● Problem to work on: Please find every line in the records below that contains the word "IsListing", and copy it.

● Data to examine:
§ §

//! The ABI text of an input, and its digest.
ghost use Rattle.std.specs.Prelude.{◌≡◌, ◌++◌, ◌∷◌, [], IfOk, OnOk, flat_map, map};
ghost use Rattle.std.specs.List.{All};
ghost use Rattle.sha2.specs.Sha256.{sha256};
ghost use Rattle.vk_base.specs.FeatureViews.{feature_view};
ghost use Rattle.vk_base.specs.Names.{IsName, word_rule};
ghost use Rattle.vk_base.specs.Paths.{text_of_path};
ghost use Rattle.vk_base.specs.Tokens.{IsByte};
ghost use Rattle.vk_resolution.specs.Lines.{ended};
ghost use Rattle.vk_abi_text.specs.Lines as line;
ghost use Rattle.vk_abi_text.specs.Lines.{abi_text_of, heading, line_text};
ghost use Rattle.vk_abi_text.specs.Puts.{HasRightSingles, Puts, single_lines};
ghost use Rattle.vk_abi_text.specs.Rights.{HasRightParts};
ghost use Rattle.vk_abi_text.specs.Views.{dep_view, file_view, source_view};

use crate::inputs::{AbiSource, DepDigest};
use crate::lines::{
    builder_line, dep_line, feature_line, file_line, native_line, port_line, triplet_line,
    version_line,
};
use std::alloc::Global;
use std::collections::BTreeSet;
use vk_base::{FeatureName, List, Memory, Text};
use vk_digest::Digest;
use vk_folder::FileDigest;

/// Lines in the order of their bytes, each once.
type Lines = BTreeSet<Text>;

fn put(lines: &mut Lines, line: Text) -> Result<(), Memory>
    ensures { OnOk result (Puts (line ∷ []) lines.old.keys lines.new.keys) }
{
    lines.insert(line)?;
    Ok(())
}

// The lines of which there is one each.
fn put_singles(alloc: Global, lines: &mut Lines, source: &AbiSource<'_>) -> Result<(), Memory>
    ensures lines { OnOk result (Puts (map line_text (single_lines (source_view source.now)))
        lines.old.keys lines.new.keys) }
    ensures right { OnOk result (HasRightSingles (source_view source.now)) }
{
    put(lines, builder_line(alloc, source.builder)?)?;
    put(lines, native_line(alloc, source.native)?)?;
    put(lines, port_line(alloc, source.port)?)?;
    let triplet = triplet_line(alloc, source.triplet, &source.triplet_digest)?;
    put(lines, triplet)?;
    put(lines, version_line(alloc, source.version)?)
}

fn put_deps(alloc: Global, lines: &mut Lines, deps: &[DepDigest]) -> Result<(), Memory>
    ensures { OnOk result (Puts (map line_text (map line.dep_line (map dep_view deps.now)))
        lines.old.keys lines.new.keys) }
{
    for dep in deps {
        put(lines, dep_line(alloc, dep)?)?;
    }
    Ok(())
}

fn put_features(alloc: Global, lines: &mut Lines, features: &[FeatureName]) -> Result<(), Memory>
    ensures lines { OnOk result
        (Puts (map line_text (map line.feature_line (map feature_view features.now)))
        lines.old.keys lines.new.keys) }
    ensures right { OnOk result (All (IsName word_rule) (map feature_view features.now)) }
{
    for feature in features {
        put(lines, feature_line(alloc, feature)?)?;
    }
    Ok(())
}

fn put_files(alloc: Global, lines: &mut Lines, files: &[FileDigest]) -> Result<(), Memory>
    ensures lines { OnOk result
        (Puts (map line_text (map line.file_line (map file_view files.now)))
        lines.old.keys lines.new.keys) }
    ensures right { OnOk result
        (All (λ f. All IsByte (text_of_path f.path)) (map file_view files.now)) }
{
    for file in files {
        put(lines, file_line(alloc, file)?)?;
    }
    Ok(())
}

// The first line and these lines, each ended.
fn text_of(alloc: Global, lines: &Lines) -> Result<List<u8>, Memory>
    ensures { IfOk result (λ text. text ≡ heading ++ flat_map ended lines.now.keys) }
{
    let mut text = List::from_slice(alloc, b"abi 2\n")?;
    for line in lines {
        text.extend_from_slice(line.as_bytes())?;
        text.push(b'\n')?;
    }
    Ok(text)
}

/// The ABI text of an input: its first line, and then its lines in the order of their bytes, each
/// of them once. Names, version, builder and paths keep the rules of their kinds.
pub fn abi_text(alloc: Global, source: &AbiSource<'_>) -> Result<List<u8>, Memory>
    ensures text { IfOk result (λ text. text ≡ abi_text_of (source_view source.now)) }
    ensures right { OnOk result (HasRightParts (source_view source.now)) }
{
    let mut lines = BTreeSet::new(alloc);
    put_singles(alloc, &mut lines, source)?;
    put_deps(alloc, &mut lines, source.deps)?;
    put_features(alloc, &mut lines, source.features)?;
    put_files(alloc, &mut lines, source.files)?;
    text_of(alloc, &lines)
}

/// The digest of an ABI text, which is its SHA-256 (FIPS 180-4). Takes no memory.
pub fn abi_hash(text: &[u8]) -> Digest
    ensures { result.bytes ≡ sha256 text.now }
{
    Digest::of(text)
}
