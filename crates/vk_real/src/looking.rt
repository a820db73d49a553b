//! A folder of the host listed, a file read whole, or a piece of it.
ghost use Rattle.std.specs.Prelude.{◌≤◌, IfOk, IfSome, OnOk, length};
ghost use Rattle.vk_real.specs.Listings.{AreParts, IsListing};

use crate::hosts::{Came, Host, Opened, Stand, if_file, if_there};
use std::alloc::Global;
use std::fs::{self, DirEntry, OpenFile};
use std::io::{self, ErrorKind, Read, Seek, SeekFrom};
use std::os::unix::fs::FileExt;
use std::rt::Files;
use vk_base::{List, Text, TreePath};
use vk_tree::{ListFault, Listed, ReadFault, may_be_part};

const MOST_ENTRIES: usize = 100_000;

impl<R: Files + AllocGlobal> Host<R> {
    /// The entries of a folder by their names, but for folders without files and what is neither a
    /// file nor a folder. A link to a folder is an error, and so is a name that isn't text.
    pub(crate) fn list(&self, dir: &TreePath) -> Came<List<Listed>, ListFault>
        ensures { IfOk result (λ listed. IfOk listed IsListing) }
    {
        let dir = self.text(dir)?;
        let mut found = Vec::new(self.rt.alloc());
        self.add_entries(dir.as_str(), &mut found)?;
        if found.is_empty() {
            return Ok(Err(ListFault::Missing));
        }
        if found.len() > MOST_ENTRIES {
            return Ok(Err(ListFault::Many));
        }
        found.sort_unstable_by(|a, b| a.name.cmp(&b.name));
        Ok(Ok(List::from_vec(found)))
    }

    // Adds the entries of a folder, up to one more than may be.
    fn add_entries(&self, dir: &str, found: &mut Vec<Listed>) -> io::Result<()>
        requires { AreParts found.old.items }
        ensures { OnOk result (AreParts found.new.items) }
    {
        let Some(entries) = if_there(fs::read_dir(&&self.rt, dir))? else {
            return Ok(());
        };
        for entry in entries {
            if found.len() > MOST_ENTRIES {
                return Ok(());
            }
            self.add(&entry?, found)?;
        }
        Ok(())
    }

    // Adds an entry, unless it counts as absent.
    fn add(&self, entry: &DirEntry<&R, R::A>, found: &mut Vec<Listed>) -> io::Result<()>
        requires { AreParts found.old.items }
        ensures { OnOk result (AreParts found.new.items) }
    {
        let (path, name) = (entry.path().as_str(), entry.file_name());
        let folder = match self.stand(path)? {
            Stand::File => false,
            Stand::Folder if self.holds_files(path)? => true,
            Stand::Folder | Stand::Absent | Stand::Other => return Ok(()),
            Stand::Linked => return Err(ErrorKind::Unsupported.into()),
        };
        if !may_be_part(name) {
            return Err(ErrorKind::InvalidFilename.into());
        }
        let name = Text::from_str(self.rt.alloc(), name)?;
        found.push(Listed { name, folder })?;
        Ok(())
    }

    /// The file at a path, unless it is longer than the limit.
    pub(crate) fn read(&self, path: &TreePath, limit: u64) -> Came<List<u8>, ReadFault>
    where
        R::File: FileExt,
        ensures { IfOk result (λ read. IfOk read (λ bytes. length bytes ≤ limit)) }
    {
        let path = self.text(path)?;
        let Some(mut file) = self.open(path.as_str())? else {
            return Ok(Err(ReadFault::Missing));
        };
        if let Some(bytes) = read_at_once(self.rt.alloc(), &mut file, limit)? {
            return Ok(Ok(List::from_vec(bytes)));
        }
        read_asked(self.rt.alloc(), file, limit)
    }

    /// The bytes of the file at a path from a place on, as many as there are up to a number.
    pub(crate) fn piece(&self, path: &TreePath, at: u64, most: u32) -> Came<List<u8>, ReadFault>
        ensures { IfOk result (λ read. IfOk read (λ bytes. length bytes ≤ most)) }
    {
        let path = self.text(path)?;
        let Some(file) = self.open(path.as_str())? else {
            return Ok(Err(ReadFault::Missing));
        };
        let Some(Opened { mut file, size }) = if_file(file)? else {
            return Ok(Err(ReadFault::Missing));
        };
        if at > 0 && !goes_to(&mut file, at)? {
            return Ok(Ok(List::new(self.rt.alloc())));
        }
        let left = size.saturating_sub(at).min(u64::from(most));
        let mut bytes = read_bytes(self.rt.alloc(), file, left, u64::from(most))?;
        bytes.truncate(most as usize);
        Ok(Ok(List::from_vec(bytes)))
    }
}

// The bytes of what has an end and gives them all by one read, as a file does. `None` where what is
// open has to be asked what it is: it has no end, no bytes, more than the limit, can't be read, or
// changed. It is at its beginning then, as it was before.
fn read_at_once<F: FileExt + Seek>(
    alloc: Global,
    file: &mut F,
    limit: u64,
) -> io::Result<Option<Vec<u8>>>
    ensures { IfOk result (λ read. IfSome read (λ bytes. length bytes.items ≤ limit)) }
{
    let Ok(size) = file.seek(SeekFrom::End(0)) else {
        return Ok(None);
    };
    if size > 0 && size <= limit {
        let mut bytes = Vec::from_elem(alloc, 0, (size as usize).saturating_add(1))?;
        if matches!(file.read_at(&mut bytes, 0), Ok(count) if count as u64 == size) {
            bytes.truncate(size as usize);
            return Ok(Some(bytes));
        }
    }
    file.seek(SeekFrom::Start(0))?;
    Ok(None)
}

// The bytes of what was opened, if it is a file.
fn read_asked<F: Read + OpenFile + Drop>(
    alloc: Global,
    file: F,
    limit: u64,
) -> Came<List<u8>, ReadFault>
    ensures { IfOk result (λ read. IfOk read (λ bytes. length bytes ≤ limit)) }
{
    let Some(Opened { file, size }) = if_file(file)? else {
        return Ok(Err(ReadFault::Missing));
    };
    if size > limit {
        return Ok(Err(ReadFault::TooLarge));
    }
    let bytes = read_bytes(alloc, file, size, limit.saturating_add(1))?;
    if bytes.len() as u64 > limit {
        return Ok(Err(ReadFault::TooLarge));
    }
    Ok(Ok(List::from_vec(bytes)))
}

// Goes to a place in a file; `false` where no file of the host can be as long.
fn goes_to<F: Seek>(file: &mut F, at: u64) -> io::Result<bool> {
    match file.seek(SeekFrom::Start(at)) {
        Ok(_) => Ok(true),
        Err(e) if e.kind() == ErrorKind::InvalidInput => Ok(false),
        Err(e) => Err(e),
    }
}

// The first bytes of a file that was this long a moment ago, at most so many. A read with room for
// one more that gives just these has met the end; else the file changed, and is read to its end.
fn read_bytes<F: Read + Drop>(alloc: Global, file: F, size: u64, most: u64) -> io::Result<Vec<u8>> {
    let mut bytes = Vec::from_elem(alloc, 0, (size as usize).saturating_add(1))?;
    let mut file = file.take(most);
    let count = file.read(&mut bytes)?;
    bytes.truncate(count);
    if count as u64 != size {
        let _ = file.read_to_end(&mut bytes)?;
    }
    Ok(bytes)
}
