//! The host's files as a tree.
ghost use Rattle.std.specs.Prelude.{◌≡◌};
ghost use Rattle.vk_real.specs.Files.{file_state, no_calls, Ended};

use crate::hosts::Host;
use std::io::{self, ErrorKind};
use std::os::unix::fs::FileExt;
use std::rt::Files;
use vk_base::{List, Memory, Outage, Stop, TreePath};
use vk_tree::{Kind, ListFault, Listed, MoveFault, ReadFault, RemoveFault, Tree};

/// The host's files. It tells nothing of them, and counts each error.
#[derive(Drop)]
pub struct FileTree<R> {
    host: Host<R>,
    changes: u64,
    faults: u64,
    calls: u64,
    widest: u64,
}

impl<R: Files + AllocGlobal> FileTree<R> {
    /// A tree whose counts are 0.
    pub fn new(rt: R) -> FileTree<R>
        ensures { file_state result ≡ no_calls }
    {
        FileTree {
            host: Host { rt },
            changes: 0,
            faults: 0,
            calls: 0,
            widest: 0,
        }
    }

    // Ends a call that was to give so many bytes at most. An error of the host is out of memory,
    // where it says so, or else a failure, which counts.
    fn end<T: Drop>(&mut self, width: u64, came: io::Result<T>) -> Result<T, Outage>
        ensures { Ended width came result (file_state self.old) (file_state self.new) }
    {
        self.calls = self.calls.saturating_add(1);
        self.widest = self.widest.max(width);
        match came {
            Ok(value) => Ok(value),
            Err(e) if e.kind() == ErrorKind::OutOfMemory => {
                Err(Outage::Memory(Memory::without_allocation()))
            }
            Err(_) => {
                self.faults = self.faults.saturating_add(1);
                Err(Outage::Failed)
            }
        }
    }
}

impl<R: Files + AllocGlobal> Tree for FileTree<R>
where
    R::File: FileExt,
{
    ghost state = { file_state };

    fn kind(&mut self, path: &TreePath) -> Result<Kind, Outage> {
        let kind = self.host.kind(path);
        self.end(0, kind)
    }

    fn read(&mut self, path: &TreePath, limit: u64) -> Result<List<u8>, Stop<ReadFault>> {
        let read = self.host.read(path, limit);
        self.end(limit, read)?.map_err(Stop::Fault)
    }

    fn piece(&mut self, path: &TreePath, at: u64, most: u32) -> Result<List<u8>, Stop<ReadFault>> {
        let read = self.host.piece(path, at, most);
        self.end(most as u64, read)?.map_err(Stop::Fault)
    }

    fn list(&mut self, dir: &TreePath) -> Result<List<Listed>, Stop<ListFault>> {
        let listed = self.host.list(dir);
        self.end(0, listed)?.map_err(Stop::Fault)
    }

    fn write(&mut self, path: &TreePath, bytes: &[u8]) -> Result<(), Outage> {
        let written = self.host.write(path, bytes);
        self.end(0, written)?;
        self.changes = self.changes.saturating_add(1);
        Ok(())
    }

    fn rename(&mut self, from: &TreePath, to: &TreePath) -> Result<(), Stop<MoveFault>> {
        let moved = self.host.rename(from, to);
        self.end(0, moved)?.map_err(Stop::Fault)?;
        self.changes = self.changes.saturating_add(1);
        Ok(())
    }

    fn remove(&mut self, path: &TreePath) -> Result<(), Stop<RemoveFault>> {
        let removed = self.host.remove(path);
        self.end(0, removed)?.map_err(Stop::Fault)?;
        self.changes = self.changes.saturating_add(1);
        Ok(())
    }

    fn faults(&self) -> u64 {
        self.faults
    }
}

§ §

● Output for this exercise:
ghost use Rattle.vk_real.specs.Listings.{AreParts, IsListing};
        ensures { IfOk result (λ listed. IfOk listed IsListing) }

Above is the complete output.